Description of the task:
Exactly reproduce the lines from the top of the entries below through the line containing "stand for one", with both ends included.

Dataset entries:
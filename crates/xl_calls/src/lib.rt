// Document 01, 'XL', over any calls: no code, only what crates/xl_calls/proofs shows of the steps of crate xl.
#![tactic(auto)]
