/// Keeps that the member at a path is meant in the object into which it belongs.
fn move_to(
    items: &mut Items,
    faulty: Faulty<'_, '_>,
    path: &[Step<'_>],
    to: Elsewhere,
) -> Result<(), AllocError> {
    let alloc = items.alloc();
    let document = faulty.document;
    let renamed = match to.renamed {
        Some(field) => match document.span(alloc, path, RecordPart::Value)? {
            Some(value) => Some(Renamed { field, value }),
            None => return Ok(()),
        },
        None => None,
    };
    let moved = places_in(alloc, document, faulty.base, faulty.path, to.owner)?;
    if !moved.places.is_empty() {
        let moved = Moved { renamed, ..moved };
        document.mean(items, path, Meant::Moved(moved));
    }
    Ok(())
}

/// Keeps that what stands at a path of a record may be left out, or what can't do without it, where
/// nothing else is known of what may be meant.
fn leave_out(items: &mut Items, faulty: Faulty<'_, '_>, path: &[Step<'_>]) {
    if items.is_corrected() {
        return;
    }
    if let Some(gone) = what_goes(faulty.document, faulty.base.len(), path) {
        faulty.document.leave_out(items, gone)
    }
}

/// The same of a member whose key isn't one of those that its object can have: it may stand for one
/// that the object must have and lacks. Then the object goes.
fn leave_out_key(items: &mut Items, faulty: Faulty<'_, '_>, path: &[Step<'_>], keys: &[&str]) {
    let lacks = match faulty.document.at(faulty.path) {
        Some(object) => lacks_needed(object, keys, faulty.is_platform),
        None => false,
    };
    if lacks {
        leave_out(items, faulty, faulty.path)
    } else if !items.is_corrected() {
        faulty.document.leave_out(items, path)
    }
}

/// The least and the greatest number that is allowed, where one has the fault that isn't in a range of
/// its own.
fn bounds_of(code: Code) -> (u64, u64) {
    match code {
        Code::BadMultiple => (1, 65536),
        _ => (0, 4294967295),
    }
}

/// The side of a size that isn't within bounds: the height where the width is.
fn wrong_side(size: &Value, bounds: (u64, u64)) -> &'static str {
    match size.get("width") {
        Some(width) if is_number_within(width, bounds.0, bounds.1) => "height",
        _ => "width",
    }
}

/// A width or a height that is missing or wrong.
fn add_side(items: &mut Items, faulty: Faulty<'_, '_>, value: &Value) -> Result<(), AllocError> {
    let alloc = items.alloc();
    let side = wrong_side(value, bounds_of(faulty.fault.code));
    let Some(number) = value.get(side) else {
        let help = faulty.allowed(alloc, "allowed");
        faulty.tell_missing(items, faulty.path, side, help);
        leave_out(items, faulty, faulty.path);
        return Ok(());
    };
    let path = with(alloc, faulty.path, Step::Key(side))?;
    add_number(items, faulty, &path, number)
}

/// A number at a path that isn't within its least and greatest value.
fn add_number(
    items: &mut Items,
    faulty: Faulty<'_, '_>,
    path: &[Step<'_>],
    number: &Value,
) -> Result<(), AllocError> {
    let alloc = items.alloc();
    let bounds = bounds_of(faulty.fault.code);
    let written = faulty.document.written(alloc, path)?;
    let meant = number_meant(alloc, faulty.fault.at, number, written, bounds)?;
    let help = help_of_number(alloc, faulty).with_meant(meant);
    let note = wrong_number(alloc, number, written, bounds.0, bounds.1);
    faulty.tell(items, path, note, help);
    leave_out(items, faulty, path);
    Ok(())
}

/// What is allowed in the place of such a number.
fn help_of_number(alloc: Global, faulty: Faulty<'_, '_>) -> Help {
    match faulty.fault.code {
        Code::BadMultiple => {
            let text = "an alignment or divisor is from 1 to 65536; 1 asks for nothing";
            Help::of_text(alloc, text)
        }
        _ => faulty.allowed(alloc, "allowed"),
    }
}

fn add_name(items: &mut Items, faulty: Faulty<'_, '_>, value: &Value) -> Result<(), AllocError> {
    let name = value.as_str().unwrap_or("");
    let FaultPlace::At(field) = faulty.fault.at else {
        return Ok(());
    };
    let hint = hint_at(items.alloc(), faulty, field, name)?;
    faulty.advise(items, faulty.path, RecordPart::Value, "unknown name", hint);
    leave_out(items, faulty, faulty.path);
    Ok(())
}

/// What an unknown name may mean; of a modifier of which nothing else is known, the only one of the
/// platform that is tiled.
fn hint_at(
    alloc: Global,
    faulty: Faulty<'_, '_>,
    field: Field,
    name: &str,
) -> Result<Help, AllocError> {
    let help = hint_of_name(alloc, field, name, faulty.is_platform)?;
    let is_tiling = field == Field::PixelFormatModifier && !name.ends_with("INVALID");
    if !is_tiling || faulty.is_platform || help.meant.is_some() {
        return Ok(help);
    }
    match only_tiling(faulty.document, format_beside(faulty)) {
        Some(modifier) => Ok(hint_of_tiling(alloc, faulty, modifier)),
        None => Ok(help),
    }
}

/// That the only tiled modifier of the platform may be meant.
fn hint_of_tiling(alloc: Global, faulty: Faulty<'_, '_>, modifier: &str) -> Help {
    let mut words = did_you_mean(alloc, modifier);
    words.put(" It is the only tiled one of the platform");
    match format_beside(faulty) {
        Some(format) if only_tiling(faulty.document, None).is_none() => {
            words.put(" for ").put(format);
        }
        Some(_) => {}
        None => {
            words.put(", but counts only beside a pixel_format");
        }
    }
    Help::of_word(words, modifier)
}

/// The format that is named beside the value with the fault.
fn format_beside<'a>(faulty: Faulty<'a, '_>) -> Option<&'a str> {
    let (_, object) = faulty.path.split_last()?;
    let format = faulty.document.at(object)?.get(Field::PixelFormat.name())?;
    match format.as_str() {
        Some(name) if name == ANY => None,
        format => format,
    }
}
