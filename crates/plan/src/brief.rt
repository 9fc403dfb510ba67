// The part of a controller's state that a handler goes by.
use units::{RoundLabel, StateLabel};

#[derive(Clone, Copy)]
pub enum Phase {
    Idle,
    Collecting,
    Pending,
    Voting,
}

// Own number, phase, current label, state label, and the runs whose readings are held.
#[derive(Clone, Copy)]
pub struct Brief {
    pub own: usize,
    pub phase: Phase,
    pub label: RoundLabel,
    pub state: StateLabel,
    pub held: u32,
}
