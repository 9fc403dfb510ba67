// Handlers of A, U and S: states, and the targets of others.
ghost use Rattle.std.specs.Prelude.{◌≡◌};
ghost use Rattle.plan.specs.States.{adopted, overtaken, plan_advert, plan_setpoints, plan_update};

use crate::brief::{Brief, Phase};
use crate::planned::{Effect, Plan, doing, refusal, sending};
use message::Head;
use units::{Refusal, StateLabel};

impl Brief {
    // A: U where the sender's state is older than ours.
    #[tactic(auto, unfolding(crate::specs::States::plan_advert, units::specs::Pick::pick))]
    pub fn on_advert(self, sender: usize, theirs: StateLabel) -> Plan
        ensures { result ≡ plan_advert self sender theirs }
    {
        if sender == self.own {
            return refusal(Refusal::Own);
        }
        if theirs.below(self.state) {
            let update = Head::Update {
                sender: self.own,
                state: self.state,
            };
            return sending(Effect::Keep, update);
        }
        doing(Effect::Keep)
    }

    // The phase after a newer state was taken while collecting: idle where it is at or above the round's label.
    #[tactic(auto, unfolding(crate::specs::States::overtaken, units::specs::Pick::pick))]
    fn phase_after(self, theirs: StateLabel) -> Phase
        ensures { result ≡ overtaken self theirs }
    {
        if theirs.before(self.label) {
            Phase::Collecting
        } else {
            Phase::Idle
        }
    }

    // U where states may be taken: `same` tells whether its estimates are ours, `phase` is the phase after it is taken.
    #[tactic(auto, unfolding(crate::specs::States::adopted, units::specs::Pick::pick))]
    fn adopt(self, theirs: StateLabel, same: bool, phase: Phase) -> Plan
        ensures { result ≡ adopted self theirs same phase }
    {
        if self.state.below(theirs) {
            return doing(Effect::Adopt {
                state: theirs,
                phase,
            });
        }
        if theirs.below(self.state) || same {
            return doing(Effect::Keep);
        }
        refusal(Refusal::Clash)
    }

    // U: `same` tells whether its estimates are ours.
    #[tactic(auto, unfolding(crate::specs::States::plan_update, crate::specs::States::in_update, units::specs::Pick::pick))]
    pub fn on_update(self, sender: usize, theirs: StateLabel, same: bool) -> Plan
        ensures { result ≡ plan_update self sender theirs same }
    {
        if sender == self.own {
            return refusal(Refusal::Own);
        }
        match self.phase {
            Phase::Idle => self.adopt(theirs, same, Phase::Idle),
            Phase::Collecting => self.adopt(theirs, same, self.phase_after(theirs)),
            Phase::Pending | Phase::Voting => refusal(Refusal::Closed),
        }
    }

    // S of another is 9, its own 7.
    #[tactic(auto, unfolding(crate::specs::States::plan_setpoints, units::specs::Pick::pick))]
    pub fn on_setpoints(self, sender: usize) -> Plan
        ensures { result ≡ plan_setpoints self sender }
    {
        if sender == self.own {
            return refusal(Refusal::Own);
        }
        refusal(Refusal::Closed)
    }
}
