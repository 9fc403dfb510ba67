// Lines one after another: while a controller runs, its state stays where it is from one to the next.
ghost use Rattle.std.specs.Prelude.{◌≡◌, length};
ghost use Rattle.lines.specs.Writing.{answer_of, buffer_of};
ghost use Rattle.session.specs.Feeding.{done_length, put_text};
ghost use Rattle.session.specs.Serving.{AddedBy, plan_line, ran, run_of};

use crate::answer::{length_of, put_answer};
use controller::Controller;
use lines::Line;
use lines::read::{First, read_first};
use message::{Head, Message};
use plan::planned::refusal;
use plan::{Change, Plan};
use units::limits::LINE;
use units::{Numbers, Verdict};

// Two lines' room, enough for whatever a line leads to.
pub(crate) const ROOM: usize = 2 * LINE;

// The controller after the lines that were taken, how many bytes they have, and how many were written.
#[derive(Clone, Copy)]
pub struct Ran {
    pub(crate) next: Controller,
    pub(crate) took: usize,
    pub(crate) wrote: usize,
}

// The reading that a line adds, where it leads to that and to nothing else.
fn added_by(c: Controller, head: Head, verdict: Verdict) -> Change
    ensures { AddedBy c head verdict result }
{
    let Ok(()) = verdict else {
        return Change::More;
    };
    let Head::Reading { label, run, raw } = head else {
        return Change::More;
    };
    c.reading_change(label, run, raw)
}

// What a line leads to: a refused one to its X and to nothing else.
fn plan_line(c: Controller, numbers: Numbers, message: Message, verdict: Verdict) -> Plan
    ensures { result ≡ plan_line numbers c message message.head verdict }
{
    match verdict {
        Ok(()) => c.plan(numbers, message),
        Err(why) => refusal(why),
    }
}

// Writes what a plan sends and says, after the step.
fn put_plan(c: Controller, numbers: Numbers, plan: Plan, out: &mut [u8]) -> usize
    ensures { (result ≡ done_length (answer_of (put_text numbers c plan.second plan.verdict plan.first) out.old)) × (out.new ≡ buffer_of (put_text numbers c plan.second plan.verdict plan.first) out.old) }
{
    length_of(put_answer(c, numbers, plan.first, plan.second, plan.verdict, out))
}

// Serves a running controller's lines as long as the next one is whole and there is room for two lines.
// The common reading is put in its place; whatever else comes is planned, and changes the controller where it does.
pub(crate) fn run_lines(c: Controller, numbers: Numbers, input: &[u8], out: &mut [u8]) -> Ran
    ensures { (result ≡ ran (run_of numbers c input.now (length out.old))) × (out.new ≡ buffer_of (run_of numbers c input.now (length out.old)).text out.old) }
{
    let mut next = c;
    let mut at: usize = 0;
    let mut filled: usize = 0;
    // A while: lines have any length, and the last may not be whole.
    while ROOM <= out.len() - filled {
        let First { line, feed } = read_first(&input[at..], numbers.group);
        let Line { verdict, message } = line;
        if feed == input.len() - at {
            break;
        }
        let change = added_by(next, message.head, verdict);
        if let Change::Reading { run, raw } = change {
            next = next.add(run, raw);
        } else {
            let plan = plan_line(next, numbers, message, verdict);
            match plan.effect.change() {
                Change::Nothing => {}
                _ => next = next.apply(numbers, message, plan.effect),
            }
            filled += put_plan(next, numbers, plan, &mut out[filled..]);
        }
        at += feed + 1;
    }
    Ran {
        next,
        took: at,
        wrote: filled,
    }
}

Task answer:
filename crates/xl_calls/src/lib.rt
// Document 01, 'XL', over any calls: no code, only what crates/xl_calls/proofs shows of the steps of crate xl.
#![tactic(auto)]
/// Keeps that the member at a path is meant in the object into which it belongs.
fn move_to(
    items: &mut Items,
    faulty: Faulty<'_, '_>,
    path: &[Step<'_>],
    to: Elsewhere,
) -> Result<(), AllocError> {
    let alloc = items.alloc();
    let document = faulty.document;
    let renamed = match to.renamed {
        Some(field) => match document.span(alloc, path, RecordPart::Value)? {
            Some(value) => Some(Renamed { field, value }),
            None => return Ok(()),
        },
        None => None,
    };
    let moved = places_in(alloc, document, faulty.base, faulty.path, to.owner)?;
    if !moved.places.is_empty() {
        let moved = Moved { renamed, ..moved };
        document.mean(items, path, Meant::Moved(moved));
    }
    Ok(())
}

/// Keeps that what stands at a path of a record may be left out, or what can't do without it, where
/// nothing else is known of what may be meant.
fn leave_out(items: &mut Items, faulty: Faulty<'_, '_>, path: &[Step<'_>]) {
    if items.is_corrected() {
        return;
    }
    if let Some(gone) = what_goes(faulty.document, faulty.base.len(), path) {
        faulty.document.leave_out(items, gone)
    }
}

/// The same of a member whose key isn't one of those that its object can have: it may stand for one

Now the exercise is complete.